Exercise details: Scan the records and identify every line in which the string "answer" occurs, then return those lines.

───── Data for this exercise ─────

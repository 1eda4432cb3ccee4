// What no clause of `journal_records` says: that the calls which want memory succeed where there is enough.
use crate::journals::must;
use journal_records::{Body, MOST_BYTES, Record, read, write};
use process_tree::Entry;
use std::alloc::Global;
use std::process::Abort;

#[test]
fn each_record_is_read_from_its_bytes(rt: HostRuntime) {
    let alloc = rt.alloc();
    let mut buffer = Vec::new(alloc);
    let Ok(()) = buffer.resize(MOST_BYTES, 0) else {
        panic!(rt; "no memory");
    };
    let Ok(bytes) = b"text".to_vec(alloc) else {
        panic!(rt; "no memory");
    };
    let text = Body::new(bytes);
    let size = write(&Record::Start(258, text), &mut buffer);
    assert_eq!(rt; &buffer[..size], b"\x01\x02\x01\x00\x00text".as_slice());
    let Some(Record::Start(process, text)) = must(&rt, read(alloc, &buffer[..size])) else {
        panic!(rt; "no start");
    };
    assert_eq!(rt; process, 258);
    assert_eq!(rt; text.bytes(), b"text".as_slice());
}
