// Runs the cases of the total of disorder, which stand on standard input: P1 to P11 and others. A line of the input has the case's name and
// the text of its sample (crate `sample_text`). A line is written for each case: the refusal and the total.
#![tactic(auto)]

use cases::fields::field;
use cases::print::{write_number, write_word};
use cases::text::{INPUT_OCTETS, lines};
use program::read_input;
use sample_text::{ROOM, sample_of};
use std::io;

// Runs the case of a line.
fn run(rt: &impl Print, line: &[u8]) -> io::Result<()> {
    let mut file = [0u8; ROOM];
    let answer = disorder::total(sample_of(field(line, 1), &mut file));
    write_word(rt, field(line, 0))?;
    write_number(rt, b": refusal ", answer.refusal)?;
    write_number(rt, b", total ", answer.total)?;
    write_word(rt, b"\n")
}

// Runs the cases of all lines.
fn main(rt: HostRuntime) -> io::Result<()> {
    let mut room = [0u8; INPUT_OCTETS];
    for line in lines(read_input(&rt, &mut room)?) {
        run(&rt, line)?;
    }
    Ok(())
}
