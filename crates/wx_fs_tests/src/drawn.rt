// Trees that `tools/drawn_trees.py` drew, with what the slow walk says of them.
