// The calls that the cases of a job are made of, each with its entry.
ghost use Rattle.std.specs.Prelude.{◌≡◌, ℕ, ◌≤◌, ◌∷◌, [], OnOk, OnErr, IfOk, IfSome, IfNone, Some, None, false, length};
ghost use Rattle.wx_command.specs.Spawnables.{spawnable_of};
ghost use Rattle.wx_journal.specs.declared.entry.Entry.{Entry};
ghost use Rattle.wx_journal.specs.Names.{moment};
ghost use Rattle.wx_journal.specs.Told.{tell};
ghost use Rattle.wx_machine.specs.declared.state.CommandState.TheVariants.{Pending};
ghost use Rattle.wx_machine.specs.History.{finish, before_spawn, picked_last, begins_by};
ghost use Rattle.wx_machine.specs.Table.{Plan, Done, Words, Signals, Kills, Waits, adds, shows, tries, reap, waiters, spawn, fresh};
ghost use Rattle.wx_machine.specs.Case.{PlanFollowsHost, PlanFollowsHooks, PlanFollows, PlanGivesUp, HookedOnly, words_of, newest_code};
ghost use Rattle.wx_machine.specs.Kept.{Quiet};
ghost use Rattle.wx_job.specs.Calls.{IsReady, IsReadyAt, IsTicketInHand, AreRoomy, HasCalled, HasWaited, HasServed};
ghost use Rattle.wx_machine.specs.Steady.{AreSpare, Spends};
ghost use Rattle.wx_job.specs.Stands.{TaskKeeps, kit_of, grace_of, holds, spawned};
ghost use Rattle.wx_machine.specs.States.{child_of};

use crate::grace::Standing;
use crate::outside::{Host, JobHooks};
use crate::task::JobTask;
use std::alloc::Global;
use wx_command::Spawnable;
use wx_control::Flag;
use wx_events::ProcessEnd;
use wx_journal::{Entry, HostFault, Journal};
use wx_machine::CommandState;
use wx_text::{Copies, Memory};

─────
───── Data for this exercise ─────

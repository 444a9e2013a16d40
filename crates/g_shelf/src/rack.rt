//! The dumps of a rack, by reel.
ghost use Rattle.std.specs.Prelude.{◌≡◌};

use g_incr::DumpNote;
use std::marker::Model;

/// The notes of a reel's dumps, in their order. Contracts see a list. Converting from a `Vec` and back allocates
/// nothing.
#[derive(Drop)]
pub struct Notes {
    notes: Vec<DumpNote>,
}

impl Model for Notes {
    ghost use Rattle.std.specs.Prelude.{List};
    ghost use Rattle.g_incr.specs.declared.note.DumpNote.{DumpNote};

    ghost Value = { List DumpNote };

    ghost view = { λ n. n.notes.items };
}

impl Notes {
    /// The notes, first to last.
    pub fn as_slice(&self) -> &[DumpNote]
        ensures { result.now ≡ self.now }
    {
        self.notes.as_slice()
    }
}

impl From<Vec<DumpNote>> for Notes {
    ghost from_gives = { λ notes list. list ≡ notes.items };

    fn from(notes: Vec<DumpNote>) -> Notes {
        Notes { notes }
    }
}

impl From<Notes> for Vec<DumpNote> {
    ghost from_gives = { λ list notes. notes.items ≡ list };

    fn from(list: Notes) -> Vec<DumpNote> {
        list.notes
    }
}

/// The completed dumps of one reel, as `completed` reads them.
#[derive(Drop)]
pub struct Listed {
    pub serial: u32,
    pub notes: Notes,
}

─────

Reply to the exercise:
    let answer = disorder::total(sample_of(field(line, 1), &mut file));
    write_number(rt, b": refusal ", answer.refusal)?;
    write_number(rt, b", total ", answer.total)?;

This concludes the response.